Action item: Set down all of the data again, character for character.

------ Entries provided ------

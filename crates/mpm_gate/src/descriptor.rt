ghost use Rattle.std.specs.Prelude.{◌≡◌};
ghost use Rattle.mpm_banks.specs.Memory.{HasSegment};
ghost use Rattle.mpm_gate.specs.Descriptors.{segment_descriptor as descriptor_of_segment};

use mpm_banks::Banks;
use mpm_base::Seg;

/// The attributes of a memory segment in its descriptor: it is allocated.
const ALLOCATED: u8 = 0x80;

/// The descriptor of a segment, as replies have it: its base page, its pages, its attributes and its bank. (MP/M II Programmer's
/// Guide, "Function 128: Absolute Memory Request".)
pub fn segment_descriptor(banks: &Banks, seg: Seg) -> [u8; 4]
    requires { HasSegment banks.now seg }
    ensures { result ≡ descriptor_of_segment banks.now seg }
{
    let spec = banks.spec(seg);
    [spec.base, spec.pages, ALLOCATED, seg.0]
}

------

Result:
filename crates/mpm_gate/src/descriptor.rt
ghost use Rattle.std.specs.Prelude.{◌≡◌};
ghost use Rattle.mpm_banks.specs.Memory.{HasSegment};
ghost use Rattle.mpm_gate.specs.Descriptors.{segment_descriptor as descriptor_of_segment};

use mpm_banks::Banks;
use mpm_base::Seg;

/// The attributes of a memory segment in its descriptor: it is allocated.
const ALLOCATED: u8 = 0x80;

/// The descriptor of a segment, as replies have it: its base page, its pages, its attributes and its bank. (MP/M II Programmer's
/// Guide, "Function 128: Absolute Memory Request".)
pub fn segment_descriptor(banks: &Banks, seg: Seg) -> [u8; 4]
    requires { HasSegment banks.now seg }
    ensures { result ≡ descriptor_of_segment banks.now seg }
{
    let spec = banks.spec(seg);
    [spec.base, spec.pages, ALLOCATED, seg.0]
}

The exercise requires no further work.